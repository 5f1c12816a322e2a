// What reading an entry and a state refuses, alone and several at once: which comes first.
use crate::works::{ROOM, Written, write_entries};
use books::{Entry, Kind};
use counting::Counter;
use faults::WorkFault;
use keeping::{Engine, Keeping};
use samples::{ANY_START, OPEN, Refused, SWAP, TWO, said};
use search::Search;
use solver::Solver;
use std::alloc::Global;
use std::test::Fail;
use work::{Work, open};

// The number, the entry that is read, and the state.
type Reading = (usize, Result<Written, Refused>, Result<u32, Refused>);

// The case, which gets four places, how many turns are accepted, what the used entries are written over with, how many places are
// handed in, and readings.
type Row = (
    &'static [u8],
    usize,
    &'static [Written],
    usize,
    &'static [Reading],
);

// Two subgoals whose successors break safety clause 0, one at the first place and one at either; and one of a subgoal of the latter.
const FIRST: Written = (Kind::Subgoal, 0, 1, 0);

const GOAL: Written = (Kind::Subgoal, 2, 3, 0);

const LAST: Written = (Kind::Subgoal, 0, 2, 256);

const OFF: Written = (Kind::Found, 2, 0, 0);

const BLANK: Written = (Kind::Blank, 0, 0, 0);

const MOST: usize = 0xffff_ffff_ffff_ffff;

// Both readings are refused.
const SIZE: &[Reading] = &[
    (0, Err((3, 42, 0)), Err((3, 42, 0))),
    (7, Err((3, 42, 0)), Err((3, 42, 0))),
];

const FIRST_WRONG: &[Reading] = &[
    (0, Err((3, 44, 0)), Err((3, 44, 0))),
    (7, Err((3, 44, 0)), Err((3, 44, 0))),
];

const SECOND_WRONG: &[Reading] = &[
    (0, Err((3, 44, 1)), Err((3, 44, 1))),
    (7, Err((3, 44, 1)), Err((3, 44, 1))),
];

const ROWS: &[Row] = &[
    // broken by its last entry: the run is read along the targets
    (
        &OPEN,
        2,
        &[GOAL, LAST],
        4,
        &[
            (0, Ok(GOAL), Ok(0)),
            (1, Ok(LAST), Ok(2)),
            (2, Err((3, 31, 2)), Ok(3)),
            (3, Err((3, 31, 3)), Err((3, 31, 3))),
            (MOST, Err((3, 31, MOST)), Err((3, 31, MOST))),
        ],
    ),
    // another subgoal last: its run is read
    (
        &OPEN,
        2,
        &[FIRST, GOAL],
        4,
        &[
            (0, Ok(FIRST), Ok(2)),
            (1, Ok(GOAL), Ok(3)),
            (2, Err((3, 31, 2)), Err((3, 31, 2))),
        ],
    ),
    // a clause last, with and without another fault
    (&OPEN, 2, &[GOAL, OFF], 4, FIRST_WRONG),
    (&OPEN, 2, &[OFF, OFF], 4, FIRST_WRONG),
    (&OPEN, 2, &[GOAL, (Kind::Taken, 0, 0, 0)], 4, FIRST_WRONG),
    (&OPEN, 2, &[GOAL, OFF], 5, SIZE),
    // the rules come before that
    (&OPEN, 2, &[GOAL, (Kind::Found, 4, 0, 0)], 4, SECOND_WRONG),
    (&OPEN, 2, &[GOAL, BLANK], 4, SECOND_WRONG),
    (
        &OPEN,
        2,
        &[GOAL, (Kind::Subgoal, 0, 3, 256)],
        4,
        SECOND_WRONG,
    ),
    (&OPEN, 2, &[BLANK, OFF], 4, FIRST_WRONG),
    (&OPEN, 2, &[BLANK, LAST], 4, FIRST_WRONG),
    // a book of another size comes before all
    (&OPEN, 2, &[GOAL, LAST], 3, SIZE),
    (&OPEN, 2, &[GOAL, LAST], 5, SIZE),
    (&OPEN, 2, &[GOAL, LAST], 0, SIZE),
    (&OPEN, 2, &[BLANK, BLANK], 5, SIZE),
    // undecided: a clause may be last, and there is no run, whatever the number
    (
        &OPEN,
        1,
        &[OFF],
        4,
        &[
            (0, Ok(OFF), Err((3, 46, 0))),
            (1, Err((3, 31, 1)), Err((3, 46, 0))),
            (MOST, Err((3, 31, MOST)), Err((3, 46, 0))),
        ],
    ),
    (&OPEN, 1, &[BLANK], 4, FIRST_WRONG),
    (&OPEN, 1, &[BLANK], 3, SIZE),
    (&TWO, 0, &[], 4, &[(0, Err((3, 31, 0)), Err((3, 46, 0)))]),
    (&TWO, 0, &[], 5, SIZE),
    // holds
    (
        &TWO,
        2,
        &[OFF],
        4,
        &[
            (0, Ok(OFF), Err((3, 46, 0))),
            (1, Err((3, 31, 1)), Err((3, 46, 0))),
        ],
    ),
    (&TWO, 2, &[BLANK], 4, FIRST_WRONG),
    (&TWO, 2, &[OFF], 3, SIZE),
    (&SWAP, 1, &[], 4, &[(0, Err((3, 31, 0)), Err((3, 46, 0)))]),
    // broken at opening: the run is that state
    (
        ANY_START,
        0,
        &[],
        4,
        &[
            (0, Err((3, 31, 0)), Ok(1)),
            (1, Err((3, 31, 1)), Err((3, 31, 1))),
            (MOST, Err((3, 31, MOST)), Err((3, 31, MOST))),
        ],
    ),
    (ANY_START, 0, &[], 3, SIZE),
];

// What an entry that is read is.
fn told(answer: Result<Entry, WorkFault>) -> Result<Written, Refused> {
    let entry = said(answer)?;
    Ok((entry.kind, entry.first, entry.second, entry.third))
}

// Whether the open work reads the entries, and the closed one those and the states.
fn reads_all(work: Work, book: &[Entry], readings: &[Reading]) -> bool {
    let opened = readings.iter().all(|(number, entry, _state)| told(work.entry(book, *number))
        == *entry);
    let closed = work.close();
    let read = readings.iter().all(|(number, entry, state)| {
        told(closed.entry(book, *number)) == *entry && said(closed.state(book, *number)) == *state
    });
    closed.put_away();
    opened && read
}

// Whether the readings go as the row says, of a work that was opened and took the turns.
fn reads<S: Solver>(heap: Global, solver: &mut S, row: &Row) -> Option<bool> {
    let (bytes, turns, entries, size, readings) = *row;
    let mut book = [Entry::blank(); 5];
    let mut work = open(heap, bytes, solver, 4).ok()?;
    let mut turned = true;
    for _ in 0..turns {
        turned = turned && work.turn(solver, &mut book[..4]).is_ok();
    }
    let used = work.look().used == entries.len();
    write_entries(&mut book, 0, entries);
    let read = reads_all(work, &book[..size.min(5)], readings);
    Some(turned && used && read)
}

// The first row that is read otherwise.
fn first_wrong<E: Engine>(heap: Global) -> Result<Option<usize>, Fail> {
    let mut solver = Keeping::<E>::new(heap, ROOM)?;
    Ok(
        ROWS.iter()
            .position(|row| reads(heap, &mut solver, row) != Some(true)),
    )
}

#[test]
fn counting_reads(rt: HostRuntime) -> Result<(), Fail> {
    assert_eq!(rt; first_wrong::<Counter>(rt.alloc())?, None);
    Ok(())
}

#[test]
fn propagating_reads(rt: HostRuntime) -> Result<(), Fail> {
    assert_eq!(rt; first_wrong::<Search>(rt.alloc())?, None);
    Ok(())
}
▬▬▬
Using the listing above, gather each line that holds the string "number" and copy it.

■ TASK RESPONSE:
// The number, the entry that is read, and the state.
    // undecided: a clause may be last, and there is no run, whatever the number
    let opened = readings.iter().all(|(number, entry, _state)| told(work.entry(book, *number))
    let read = readings.iter().all(|(number, entry, state)| {
        told(closed.entry(book, *number)) == *entry && said(closed.state(book, *number)) == *state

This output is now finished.